When it comes to selling items, a popular category amongst our clients is fashion. As the fashion market online is a very saturated one when it comes to competition, it's also a good insight into how to succeed online even if you're in a crowded market. Here's some things I've found, looking at what people sell and how they sell their items.

Reduce the Competition

This is the primary rule - a rule that leads you away from a world of insanity to one of clear-headed common sense. You can be within a saturated market, yet carve out a little niche inside it and succeed very well. Being niche normally involves at least one of the following:-
  • Dedicating your site to one particular fashion accessory and offering a huge choice of variations of that accessory (e.g. lovepashminas.com)
  • Dedicating your site to a natural fashion niche. Examples: plus size clothing, cycling gear, outdoor/country clothing etc
  • Selling bespoke jewellery / fashion accessories
  • Selling a number of different accessories, BUT picking boutique brands that are well searched for by discerning "fashionistas" and selling your fashion items BY BRAND primarily, not by type of accessory (e.g. gottohave.co.uk). By that I mean you categorise your catalogue by brand and feature brand names heavily within product titles and descriptions. Remember I'm talking about boutique brands here, not mainstream brands which keep you in the saturated market.
To sum it up, it's to move away from the general to the specific. That way you reduce your competition AND gain a much more targeted audience at the same time.

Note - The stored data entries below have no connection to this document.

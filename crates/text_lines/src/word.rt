// Words.
ghost use Rattle.std.specs.Prelude.{◌≡◌, ◌<◌, ◌≤◌, ◌∷◌, [], length, map, IfNone, IfOk, IfSome};
ghost use Rattle.std.specs.List.{prefix_len};
ghost use Rattle.text_lines.specs.Words.{is_blank, is_some_word, words_of, is_comment};
ghost use Rattle.text_lines.specs.internal.Words.{is_in_word};

use std::alloc::{AllocError, Global};

fn is_blank(octet: u8) -> bool
    ensures { result ≡ is_blank octet }
{
    octet == b' ' || octet == b'\t'
}

/// Whether a word has an octet.
fn is_some_word(word: &[u8]) -> bool
    ensures { result ≡ is_some_word word.now }
{
    !word.is_empty()
}

/// How many octets at the front of a line are blanks.
fn blank_size(line: &[u8]) -> usize
    ensures is { result ≡ prefix_len is_blank line.now }
    ensures within { result ≤ length line.now }
{
    line.iter().take_while(|octet| is_blank(**octet)).count()
}

/// How many octets at the front of a line belong to a word.
fn word_size(line: &[u8]) -> usize
    ensures is { result ≡ prefix_len is_in_word line.now }
    ensures within { result ≤ length line.now }
{
    line.iter().take_while(|octet| !is_blank(**octet)).count()
}

/// The first word of a line, and the line behind it; None where the line has no word.
///
/// Words are separated by spaces and tabs, and each has an octet at least. No memory is taken, and the time
/// is linear in the length of the word and of the blanks before it.
pub fn next_word(line: &[u8]) -> Option<(&[u8], &[u8])>
    ensures next { IfSome result (λ parts. words_of line.now ≡ parts.0.now ∷ words_of parts.1.now) }
    ensures shorter { IfSome result (λ parts. length parts.1.now < length line.now) }
    ensures none { IfNone result (words_of line.now ≡ []) }
{
    let (_, rest) = line.split_at(blank_size(line));
    if rest.is_empty() {
        return None;
    }
    Some(rest.split_at(word_size(rest)))
}

/// The words of a line, in order. The error is want of memory.
pub fn words<'t>(alloc: Global, line: &'t [u8]) -> Result<Vec<&'t [u8]>, AllocError>
    ensures { IfOk result (λ words. map (λ word. word.now) words.items ≡ words_of line.now) }
{
    line.split(|octet| is_blank(*octet))
        .filter(|word| is_some_word(word))
        .collect(alloc)
}

/// Whether a line is a comment, by its first word: it is one where the word begins with `#`.
pub fn is_comment(first: &[u8]) -> bool
    ensures { result ≡ is_comment first.now }
{
    first.starts_with(b"#")
}
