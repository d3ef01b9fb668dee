//! Whether two tables, or two stateful objects, of a P4_16 program have one control-plane name, or a direct counter at the
//! top belongs to two tables, which breaks rule T9.
#![tactic(auto)]

mod counters;
mod names;
mod shared;

pub use shared::has_shared_names;
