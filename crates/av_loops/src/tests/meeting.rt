// Two works that a desk lends and two workers run at once.
use av_base::Lease;
use av_pool::Pace;
use std::alloc::Global;
use std::sync::Arc;
use std::sync::atomic::AtomicU64;
use std::sync::atomic::Ordering::SeqCst;
use std::thread;

// How often `before` of each lease was called, and how often it saw that of the other.
#[derive(Drop)]
pub struct Begun {
    pub first: AtomicU64,
    pub second: AtomicU64,
    pub met: AtomicU64,
}

impl Begun {
    pub fn none() -> Begun {
        Begun {
            first: AtomicU64::new(0),
            second: AtomicU64::new(0),
            met: AtomicU64::new(0),
        }
    }
}

// Holds each of leases 1 and 2 until `before` of the other was called, for a bounded time.
#[derive(Drop)]
pub struct Meeting {
    pub begun: Arc<Begun, Global>,
}

impl Pace for Meeting {
    fn before(&self, lease: Lease) {
        let begun = &*self.begun;
        let (own, other) = if lease.get() == 1 {
            (&begun.first, &begun.second)
        } else {
            (&begun.second, &begun.first)
        };
        own.fetch_add(1, SeqCst);
        for _ in 0..10_000_000u32 {
            if other.load(SeqCst) > 0 {
                begun.met.fetch_add(1, SeqCst);
                return;
            }
            thread::yield_now();
        }
    }

    fn after(&self, _lease: Lease) {}
}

Having said that, it's common for a site to start off selling a wide range of accessories and sell them generically. So they'll have a category list like :-
  • Earrings
  • Rings
  • Necklaces
  • Pashminas
  • Evening Bags
  • Etc
While you're using generic terms, you're stuck bang in the middle of a saturated market, with little chance of outranking the big players in the search engines.

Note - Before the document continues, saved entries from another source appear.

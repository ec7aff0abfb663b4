// The loops round a gate, over streams in memory.
ghost use Rattle.std.specs.Prelude.{IfOk};
ghost use Rattle.av_gate.specs.Seats.{IsSeatOf};

use crate::{GateSide, Sender, gate_in, gate_out};
use av_base::recorded::Recorded;
use av_base::{Cause, LimitValues, Limits, Mode, OpenId, Port};
use av_engines::End;
use av_fakes::{FakeReader, FakeWriter, Fault, may_refuse, refuse_no_more};
use av_filter::Note;
use av_gate::{Event, Gate, Seat, Unclosed};
use av_pend::Answer;
use av_store::Volume;
use std::alloc::Global;
use std::process::Abort;
use std::sync::Wait;
use std::test::Fail;

// The frame of Hello of volume 1 and version 1, and the same with a body of an unknown kind behind it.
const HELLO: &[u8] = b"\0\0\0\x12\x05\x01\0\0\0\0\0\0\0\x01\0\0\0\0\0\0\0\x01";

const HELLO_AND_NO_MESSAGE: &[u8] =
    b"\0\0\0\x12\x05\x01\0\0\0\0\0\0\0\x01\0\0\0\0\0\0\0\x01\0\0\0\x01\x09";

// The frame of Scan of question 1.1, stream 1, generation 2, length 3.
const SCAN: &[u8] =
    b"\0\0\0\x2a\x01\x01\0\0\0\0\0\0\0\x01\0\0\0\0\0\0\0\x01\0\0\0\0\0\0\0\x01\0\0\0\0\0\0\0\x02\0\0\0\0\0\0\0\x03";

// The frame of Read of question 1.1, of 3 bytes from the first on, twice; and that of the Chunk that answers it, which holds ABC.
const TWO_READS: &[u8] =
    b"\0\0\0\x1e\x06\x01\0\0\0\0\0\0\0\x01\0\0\0\0\0\0\0\x01\0\0\0\0\0\0\0\0\0\0\0\x03\
\0\0\0\x1e\x06\x01\0\0\0\0\0\0\0\x01\0\0\0\0\0\0\0\x01\0\0\0\0\0\0\0\0\0\0\0\x03";

const CHUNK: &[u8] = b"\0\0\0\x1d\x02\x01\0\0\0\0\0\0\0\x01\0\0\0\0\0\0\0\x01\0\0\0\0\0\0\0\0ABC";

// A volume with the stream a, which holds ABC.
fn volume_of_one(alloc: Global, limits: Limits) -> Result<Volume, Fail> {
    let mut volume = Volume::new(alloc, 1, limits);
    let stream = volume.create(alloc, b"a")?;
    volume.write(stream, 0, b"ABC")?;
    Ok(volume)
}

fn gate_of_one(alloc: Global, limits: Limits) -> Result<(Gate, Seat), Fail>
    ensures { IfOk result (λ r. IsSeatOf r.0 r.1) }
{
    match Gate::new(
        alloc,
        volume_of_one(alloc, limits)?,
        Mode::FailClosed,
        limits,
    ) {
        Ok(made) => Ok(made),
        Err(_) => Err(Fail::new("no gate")),
    }
}

// How a loop into a new gate ends, how many events there were, and whether the last was a disconnection.
fn ends_in<R: Wait>(
    rt: &R,
    alloc: Global,
    limits: Limits,
    reader: &mut FakeReader<'_>,
    turns: u64,
) -> Result<(End, usize, bool), Fail> {
    let (gate, mut seat) = gate_of_one(alloc, limits)?;
    let sender = Sender::new(alloc, FakeWriter::new(alloc));
    let side = GateSide {
        rt,
        alloc,
        gate: &gate,
        port: Port::One,
        sender: &sender,
    };
    let end = gate_in(&side, &mut seat, &mut Recorded::new(reader), turns);
    let (events, disconnects) = ended(alloc, gate, seat)?;
    Ok((end, events, disconnects))
}

// Closes a gate: how many events there were, and whether the last was a disconnection.
fn ended(alloc: Global, gate: Gate, seat: Seat) -> Result<(usize, bool), Fail> {
    let mut seats = Vec::new(alloc);
    if seats.push(seat).is_err() {
        gate.abandon();
        return Err(Fail::new("no memory"));
    }
    match gate.close(seats, Vec::new(alloc)) {
        Ok(audit) => {
            let disconnects = match audit.events.last() {
                Some(entry) => matches!(entry.event(), Event::Disconnect { port: Port::One }),
                None => false,
            };
            Ok((audit.events.len(), disconnects))
        }
        Err(unclosed) => {
            let Unclosed {
                why: _,
                gate,
                seats: _,
                receipts: _,
            } = unclosed;
            gate.abandon();
            Err(Fail::new("not closed"))
        }
    }
}

// The same as HELLO at the second port.
const HELLO_AT_2: &[u8] = b"\0\0\0\x12\x05\x02\0\0\0\0\0\0\0\x01\0\0\0\0\0\0\0\x01";

#[test]
fn what_comes_at_another_port_is_passed_over(rt: HostRuntime) -> Result<(), Fail> {
    let all = Limits::greatest();
    let mut reader = FakeReader::new(HELLO_AT_2);
    let got = ends_in(&rt, rt.alloc(), all, &mut reader, 10)?;
    assert!(&rt; got == (End::Closed, 1, true));
    Ok(())
}

#[test]
fn the_end_of_a_stream_is_told_and_is_a_disconnection(rt: HostRuntime) -> Result<(), Fail> {
    let alloc = rt.alloc();
    let all = Limits::greatest();
    let rows: [(FakeReader<'_>, u64, End, usize); 6] = [
        (FakeReader::new(HELLO), 10, End::Closed, 2),
        (FakeReader::new(b""), 10, End::Closed, 1),
        (
            FakeReader::new(&HELLO[..20]).in_pieces_of(1),
            100,
            End::Closed,
            1,
        ),
        (FakeReader::new(HELLO_AND_NO_MESSAGE), 10, End::Frame, 2),
        (FakeReader::new(HELLO).failing_at(2), 10, End::ReadFault, 2),
        (FakeReader::new(HELLO), 1, End::ReadFault, 2),
    ];
    for (mut reader, turns, end, events) in rows {
        let got = ends_in(&rt, alloc, all, &mut reader, turns)?;
        assert!(&rt; got == (end, events, true));
    }
    Ok(())
}

#[test]
fn a_full_audit_ends_a_loop_without_an_event(rt: HostRuntime) -> Result<(), Fail> {
    let values = LimitValues {
        audit: 1,
        ..Limits::greatest().values()
    };
    let Ok(limits) = Limits::check(values) else {
        return Err(Fail::new("limits"));
    };
    let mut reader = FakeReader::new(HELLO);
    let got = ends_in(&rt, rt.alloc(), limits, &mut reader, 10)?;
    assert!(&rt; got == (End::AuditFull, 1, false));
    Ok(())
}

// Opens a behind a welcome, and lets the messages out to a writer, by the loop into the gate over this reader, or by the loop out
// of it: how the loop ended, how many events there were, what the open was told, and what was written.
fn ends_out<R: Wait>(
    rt: &R,
    alloc: Global,
    reader: Option<FakeReader<'_>>,
    writer: FakeWriter,
) -> Result<(End, usize, Option<Answer>, FakeWriter), Fail> {
    let (gate, mut seat) = gate_of_one(alloc, Limits::greatest())?;
    let sender = Sender::new(alloc, writer);
    match out_of(rt, alloc, &gate, &mut seat, reader, &sender) {
        Ok((end, answer)) => {
            let (events, _) = ended(alloc, gate, seat)?;
            Ok((end, events, answer, sender.into_writer()))
        }
        Err(why) => {
            gate.abandon();
            Err(why)
        }
    }
}

fn out_of<R: Wait>(
    rt: &R,
    alloc: Global,
    gate: &Gate,
    seat: &mut Seat,
    reader: Option<FakeReader<'_>>,
    sender: &Sender<FakeWriter>,
) -> Result<(End, Option<Answer>), Fail>
    requires { IsSeatOf gate.now seat.old }
    ensures { IsSeatOf gate.now seat.new }
{
    let mut hello = FakeReader::new(HELLO_AND_NO_MESSAGE);
    let _ = welcome(rt, alloc, gate, seat, &mut hello)?;
    let ticket = gate.open(rt, alloc, seat, b"a")?;
    gate.stop(rt);
    let side = GateSide {
        rt,
        alloc,
        gate,
        port: Port::One,
        sender,
    };
    let end = match reader {
        Some(mut reader) => gate_in(&side, seat, &mut Recorded::new(&mut reader), 10),
        None => gate_out(&side, seat),
    };
    let answer = ticket.poll(&mut ticket.note()).copied();
    gate.disconnect(rt, alloc, seat, Port::One)?;
    Ok((end, answer))
}

// Hands the first message of a stream on.
fn welcome<R: Wait>(
    rt: &R,
    alloc: Global,
    gate: &Gate,
    seat: &mut Seat,
    reader: &mut FakeReader<'_>,
) -> Result<Note, Fail>
    requires { IsSeatOf gate.now seat.old }
    ensures { IsSeatOf gate.now seat.new }
{
    let mut incoming = av_engines::Incoming::new(alloc, 10)?;
    match incoming.next(&mut Recorded::new(reader)) {
        Ok(message) => Ok(gate.message(rt, alloc, seat, &message)?),
        Err(_) => Err(Fail::new("no message")),
    }
}

#[test]
fn what_a_gate_sends_goes_out_as_frames(rt: HostRuntime) -> Result<(), Fail> {
    let writer = FakeWriter::new(rt.alloc()).in_pieces_of(1);
    let (end, events, answer, writer) = ends_out(&rt, rt.alloc(), None, writer)?;
    assert!(&rt; end == End::Done && events == 3 && answer == None);
    assert!(&rt; writer.taken() == SCAN);
    Ok(())
}

#[test]
fn what_one_read_brings_is_answered_in_one_write(rt: HostRuntime) -> Result<(), Fail> {
    let alloc = rt.alloc();
    for (piece, writes) in [(34, 3u64), (1_000, 2u64)] {
        let reader = FakeReader::new(TWO_READS).in_pieces_of(piece);
        let (end, events, _, writer) = ends_out(&rt, alloc, Some(reader), FakeWriter::new(alloc))?;
        assert!(&rt; end == End::Closed && events == 6);
        let taken = writer.taken();
        assert!(&rt; taken.len() == 112 && &taken[..46] == SCAN);
        assert!(&rt; &taken[46..79] == CHUNK && &taken[79..] == CHUNK && writer.writes() == writes);
    }
    Ok(())
}

#[test]
fn a_write_that_fails_is_a_disconnection(rt: HostRuntime) -> Result<(), Fail> {
    let alloc = rt.alloc();
    let lost = Answer::Denied {
        open_id: OpenId::new(1),
        cause: Cause::PortDisconnected,
    };
    for write in 1..46 {
        for is_into in [false, true] {
            let writer = FakeWriter::new(alloc)
                .in_pieces_of(1)
                .with(Fault::Fails { write });
            let reader = if is_into {
                Some(FakeReader::new(TWO_READS))
            } else {
                None
            };
            let (end, events, answer, writer) = ends_out(&rt, alloc, reader, writer)?;
            assert!(&rt; end == End::WriteFault && events == 4 && answer == Some(lost));
            assert!(&rt; writer.taken() == &SCAN[..write as usize - 1]);
        }
    }
    Ok(())
}

#[test]
fn refused_or_not_a_loop_into_a_gate_comes_to_an_end(rt: HostRuntime) -> Result<(), Fail> {
    let alloc = rt.alloc();
    let (gate, mut seat) = gate_of_one(alloc, Limits::greatest())?;
    let mut reader = FakeReader::new(HELLO);
    let sender = Sender::new(alloc, FakeWriter::new(alloc));
    may_refuse(alloc);
    let side = GateSide {
        rt: &rt,
        alloc,
        gate: &gate,
        port: Port::One,
        sender: &sender,
    };
    let end = gate_in(&side, &mut seat, &mut Recorded::new(&mut reader), 10);
    refuse_no_more(alloc);
    let (events, disconnects) = ended(alloc, gate, seat)?;
    assert!(&rt;
        end == if disconnects {
            End::Closed
        } else {
            End::Memory
        }
    );
    assert!(&rt; events == 2 || end == End::Memory);
    Ok(())
}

It's not like vendors choose a saturated market as some kind of personal challenge or a form of self-flagellation. They're choosing popular items to sell (which happens to place them amongst a throng of competitors). Another reason so many vendors want to sell popular items is that the troubles of doing so aren't obvious. It often takes going on the link building treadmill for many months to see just how hard it is to rank for generic keywords. That's the kind of thing that happens when competing with tens or hundreds of thousands of direct competitors, many of whom have the advantages of money and establishment over you. It's easy to identify something that's in demand. The hard part is making your supply visible.

So that temptation to sell obviously popular items is understandable, but the more popular and generic an item, the smaller you, the seller, are - you're at that back of the queue - quite literally when considering search engine rankings - with little hope of putting your wares in front of people who want to buy them.

Here's a diagram about how hard it is to succeed in a saturated market, and how relatively easier it is to succeed in a niche:-

success

This crude graph shows how hard it is to succeed in a crowded marketplace - a very tall mountain with little encouragement along the way - no finish line in sight. A niche marketplace is MUCH more dynamic - you'll see faster progress and you'll "cross the line" much quicker than competing with every man and his dog. That's not to say picking a niche and succeeding in it is easy, but it's definitely a sane way to succeed.